King’s Institute for Faith & Culture (IFC) begins its 2025-26 speaker series, “Equipped for Every Good Work,” on Tuesday, Aug. 12 with David Cunningham, Ph.D.
Cunningham is the executive director of the Network for Vocation in Undergraduate Education (NetVUE), a network of more than 300 colleges and universities in the U.S. that work to enrich vocational discernment and exploration for students. Funding is provided by Lilly Endowment Inc.
A reception will be held at 6 p.m. on campus in Maclellan Hall. Cunningham will then present “To Live is to Change” at 7 p.m. in King’s Memorial Chapel. Both the reception and the presentation are open to the public and free of charge.
“Many times, when we hear the word vocation, we imagine that we’re talking about a career,” said Martin Dotterweich, Ph.D., director of the IFC. “In reality, vocation has much more to do with calling, and with finding the place where, as Frederick Buechner put it, our deep gladness and the world’s deep hunger meet. Dr.
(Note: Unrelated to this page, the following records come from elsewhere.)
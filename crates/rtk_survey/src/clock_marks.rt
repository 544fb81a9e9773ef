//! What dates the clocks of a station that give no epoch: its epochs, or as long as none came the dates that it names.

ghost use Rattle.std.specs.Prelude.{◌≡◌};
ghost use Rattle.rtk_survey.specs.ClockMarks as spec;

use crate::capture_dates::CaptureDates;
use crate::date_message::{DateMessage, UtcDate};
use crate::span::Span;
use crate::tellings::reference_named;
use rtk_obs::{GpsMs, LAST_MS};

/// What dates the clocks of a station: its first and its last epoch, or as long as none came the first and the last date that
/// its 1013 and 1029 name.
#[derive(Clone, Copy, Debug, PartialEq, Eq)]
pub struct ClockMarks {
    pub first: GpsMs,
    pub last: GpsMs,
    /// The 1013 or 1029 that names the last one, if they are dates and not epochs.
    pub date: Option<UtcDate>,
}

/// A moment that is kept as a number.
pub fn opened_moment(ms: u64) -> GpsMs
    ensures { result ≡ spec.opened_moment ms }
{
    let Some(moment) = GpsMs::new(ms.min(LAST_MS)) else {
        unreachable!();
    };
    moment
}

impl ClockMarks {
    /// The epochs of a station.
    pub fn of_epochs(epochs: &Span) -> ClockMarks
        ensures { result ≡ spec.marks_of_epochs epochs.now }
    {
        ClockMarks {
            first: epochs.first,
            last: epochs.last,
            date: None,
        }
    }
}

// The date of a 1013 or a 1029.
fn utc_of(message: &DateMessage) -> Option<UtcDate>
    ensures { result ≡ spec.utc_of message.now }
{
    match message {
        DateMessage::Utc(date) => Some(*date),
        DateMessage::Ephemeris(_) | DateMessage::OtherEphemeris(_) => None,
    }
}

// A date more that the station names in a message.
fn marks_with_date(marks: Option<ClockMarks>, message: &DateMessage, ms: u64) -> ClockMarks
    ensures { result ≡ spec.marks_with_date marks message.now ms }
{
    let last = opened_moment(ms);
    let date = utc_of(message);
    match marks {
        Some(marks) => ClockMarks {
            first: marks.first,
            last,
            date,
        },
        None => ClockMarks {
            first: last,
            last,
            date,
        },
    }
}

fn marks_with_date_if_any(
    marks: Option<ClockMarks>,
    message: &DateMessage,
    ms: Option<u64>,
) -> Option<ClockMarks>
    ensures { result ≡ spec.marks_with_date_if_any marks message.now ms }
{
    match ms {
        Some(ms) => Some(marks_with_date(marks, message, ms)),
        None => marks,
    }
}

// The moment that a message names, if it is a 1013 or a 1029 of the station.
fn own_reference(now: GpsMs, station: u16, message: &DateMessage) -> Option<u64>
    ensures { result ≡ spec.own_reference now station message.now }
{
    match message {
        DateMessage::Utc(date) if date.station == station => reference_named(now, message),
        _ => None,
    }
}

// The first and the last date that the station names in these messages.
fn own_marks(now: GpsMs, station: u16, messages: &[DateMessage]) -> Option<ClockMarks>
    ensures { result ≡ spec.own_marks now station messages.now }
{
    let mut marks = None;
    for message in messages {
        marks = marks_with_date_if_any(marks, message, own_reference(now, station, message));
    }
    marks
}

/// The epochs of a station in a capture, or before the first of them the dates that wait for it.
pub(crate) fn marks_in(now: GpsMs, station: u16, capture: &CaptureDates) -> Option<ClockMarks>
    ensures { result ≡ spec.marks_in now station capture.now }
{
    match &capture.span {
        Some(epochs) => Some(ClockMarks::of_epochs(epochs)),
        None => own_marks(now, station, capture.waiting.as_slice()),
    }
}
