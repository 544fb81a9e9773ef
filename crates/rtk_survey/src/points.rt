//! How far reference points are apart.

ghost use Rattle.std.specs.Prelude.{◌≡◌, ◌<◌, ◌^◌};
ghost use Rattle.rtk_survey.specs.Points as spec;

use crate::reference_point::ReferencePoint;

/// More than 100 m, squared; coordinates are in 0.0001 m.
const FAR_SQUARED: u128 = 1_000_000_000_000;

fn squared_apart(a: &i64, b: &i64) -> u128
    ensures value { result ≡ spec.squared_apart a.now b.now }
    ensures bound { result < 2 ^ 128 }
{
    let apart = u128::from(a.abs_diff(*b));
    apart * apart
}

/// Are two reference points more than 100 m apart?
pub fn are_far(a: &ReferencePoint, b: &ReferencePoint) -> bool
    ensures { result ≡ spec.are_far a.now b.now }
{
    let x = squared_apart(&a.x, &b.x);
    let y = squared_apart(&a.y, &b.y);
    let z = squared_apart(&a.z, &b.z);
    FAR_SQUARED < x.saturating_add(y).saturating_add(z)
}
Cunningham has spent many years encouraging his students and colleagues to explore their individual gifts and talents in furtherance of their vocation, and in this presentation, he turns his attention to the virtues that help us discern our callings, even as they grow and change.”
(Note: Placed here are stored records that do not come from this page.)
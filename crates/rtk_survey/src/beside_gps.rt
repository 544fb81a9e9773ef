//! Messages of other systems than GPS, and SBAS of 1004: which they are, their times and their cells.

ghost use Rattle.std.specs.Prelude.{◌≡◌, ◌/◌, ◌%◌, ◌^◌, ◌<◌, filter};
ghost use Rattle.rtk_message.specs.AnyDecoded.{IsValid};
ghost use Rattle.rtk_message.specs.Decoded.{IsValid as IsValidFour};
ghost use Rattle.rtk_message.specs.Obs1004.{IsValid as IsValid1004};
ghost use Rattle.rtk_obs.specs.Clocks.{beidou_tow};
ghost use Rattle.rtk_obs.specs.GlonassTime.{glonass_tow};
ghost use Rattle.rtk_obs.specs.SbasCells.{signals_of_1004};
ghost use Rattle.rtk_survey.specs.BesideGps as spec;
ghost use Rattle.rtk_survey.specs.Tracing.{is_beside_gps};

use crate::phase_channels::phase_channels;
use crate::sbas::have_sbas;
use crate::telling::DAY_MS;
use arrayvec::ArrayVec;
use rtk_message::{AnyMessage, Message, Obs1004, System};
use rtk_obs::{SignalEntry, WEEK_MS, put_entries_1012, put_signal_entries, put_signals_1004};

/// By how much GPS time is ahead of BeiDou time.
const BEIDOU_MS: u64 = 14_000;

/// By how much the time in Moscow is ahead of UTC.
const MOSCOW_MS: u64 = 10_800_000;

/// The clock of GLONASS has 3 bits of the day (DF416) before 27 bits of the time of day (DF034).
const TIME_OF_DAY: u32 = 1 << 27;

/// Is it a message of another system than GPS?
pub fn is_beside_gps(message: &AnyMessage) -> bool
    ensures { result ≡ is_beside_gps message.now }
{
    match message {
        AnyMessage::Message(_) => false,
        AnyMessage::Msm(message) => is_other_system(message.system),
        AnyMessage::Obs1012(_) => true,
    }
}

// ---- times

// The GPS time of week of a BeiDou time of week.
fn beidou_time(clock: u32) -> u32
    ensures { result ≡ beidou_tow clock }
{
    ((u64::from(clock) + BEIDOU_MS) % WEEK_MS) as u32
}

// The time of week, of UTC, of a day and a time of day in Moscow.
fn glonass_time(clock: u32) -> u32
    ensures { result ≡ glonass_tow (clock / 2 ^ 27) (clock % 2 ^ 27) 0 }
{
    let moscow = DAY_MS * u64::from(clock / TIME_OF_DAY) + u64::from(clock % TIME_OF_DAY);
    ((moscow + (WEEK_MS - MOSCOW_MS)) % WEEK_MS) as u32
}

/// The time of week that a clock of a system tells, in ms: that of GPS, but for GLONASS that of UTC.
pub fn told_time(system: System, clock: u32) -> u32
    ensures { result ≡ spec.told_time system clock }
{
    match system {
        System::Glonass => glonass_time(clock),
        System::Beidou => beidou_time(clock),
        System::Gps | System::Galileo | System::Qzss | System::Sbas | System::Navic => clock,
    }
}

/// The time of week that a 1012 or an MSM tells (`told_time`). A 1074, or a message of another number, has none
/// here.
pub(crate) fn told_time_of(message: &AnyMessage) -> Option<u32>
    ensures { result ≡ spec.told_time_of message.now }
{
    match message {
        AnyMessage::Message(_) => None,
        AnyMessage::Msm(message) => Some(told_time(message.system, message.header.tow)),
        AnyMessage::Obs1012(message) => Some(told_time(System::Glonass, message.clock())),
    }
}

// ---- cells

fn is_other_system(system: System) -> bool
    ensures { result ≡ spec.is_other_system system }
{
    match system {
        System::Gps => false,
        System::Glonass
        | System::Galileo
        | System::Beidou
        | System::Qzss
        | System::Sbas
        | System::Navic => true,
    }
}

// Is it a cell of another system than GPS?
fn is_beside_entry(entry: &SignalEntry) -> bool
    ensures { result ≡ spec.is_beside_entry entry.now }
{
    is_other_system(entry.code.system())
}

// Leaves the cells of other systems than GPS.
fn keep_beside(found: &mut ArrayVec<SignalEntry, 64>)
    ensures { found.new.items ≡ filter spec.is_beside_entry found.old.items }
{
    found.retain(|entry| is_beside_entry(entry));
}

// Puts the cells of satellites of SBAS in a 1004 over a list. Few 1004 have one, so this is asked first.
fn put_sbas_of_1004(message: &Obs1004, found: &mut ArrayVec<SignalEntry, 64>)
    requires { IsValid1004 message.now }
    ensures { found.new.items ≡ filter spec.is_beside_entry (signals_of_1004 message.now.satellites) }
{
    if have_sbas(message.satellites.as_slice()) {
        put_signals_1004(message, found);
        keep_beside(found);
    } else {
        found.clear();
    }
}

// The same of a message that may be a 1004.
fn put_sbas_of_four(message: &Message, found: &mut ArrayVec<SignalEntry, 64>)
    requires { IsValidFour message.now }
    ensures { found.new.items ≡ spec.sbas_cells_of_four message.now }
{
    match message {
        Message::Obs1004(message) => put_sbas_of_1004(message, found),
        Message::Arp1005(_) | Message::Arp1006(_) | Message::Msm1074(_) => found.clear(),
    }
}

/// Puts the cells of other systems than GPS of a message over a list.
pub(crate) fn put_cells_beside_gps(message: &AnyMessage, found: &mut ArrayVec<SignalEntry, 64>)
    requires { IsValid message.now }
    ensures { found.new.items ≡ spec.cells_beside_gps message.now }
{
    match message {
        AnyMessage::Message(message) => put_sbas_of_four(message, found),
        AnyMessage::Msm(msm) => {
            if is_other_system(msm.system) {
                put_signal_entries(msm, &phase_channels(message), found);
            } else {
                found.clear();
            }
        }
        AnyMessage::Obs1012(legacy) => {
            put_entries_1012(legacy, &phase_channels(message), found);
        }
    }
}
Cunningham is the author of five books on vocation and theology, including “At This Time and In This Place: Vocation in Higher Education,” and the editor of several additional volumes. He has a faculty appointment as professor of Theology at Aquinas College in Grand Rapids, Michigan, where he has a focus on Christian theology and ethics, particularly as they relate to rhetoric and drama. Previously, he served on the faculty at Hope College in Holland, Michigan, where he was director of the CrossRoads Project, Hope’s Lilly-funded Program for the Theological Exploration of Vocation (PTEV), and on the faculties of Seabury-Western Theological Seminary in Evanston, Illinois, and the University of St. Thomas in St. Paul, Minnesota.
He holds a bachelor’s degree in Communication Studies from Northwestern University, bachelor’s and master’s degrees in Theology and Religious Studies from the University of Cambridge, and a doctorate in Religion from Duke University, where he studied under Stanley Hauerwas.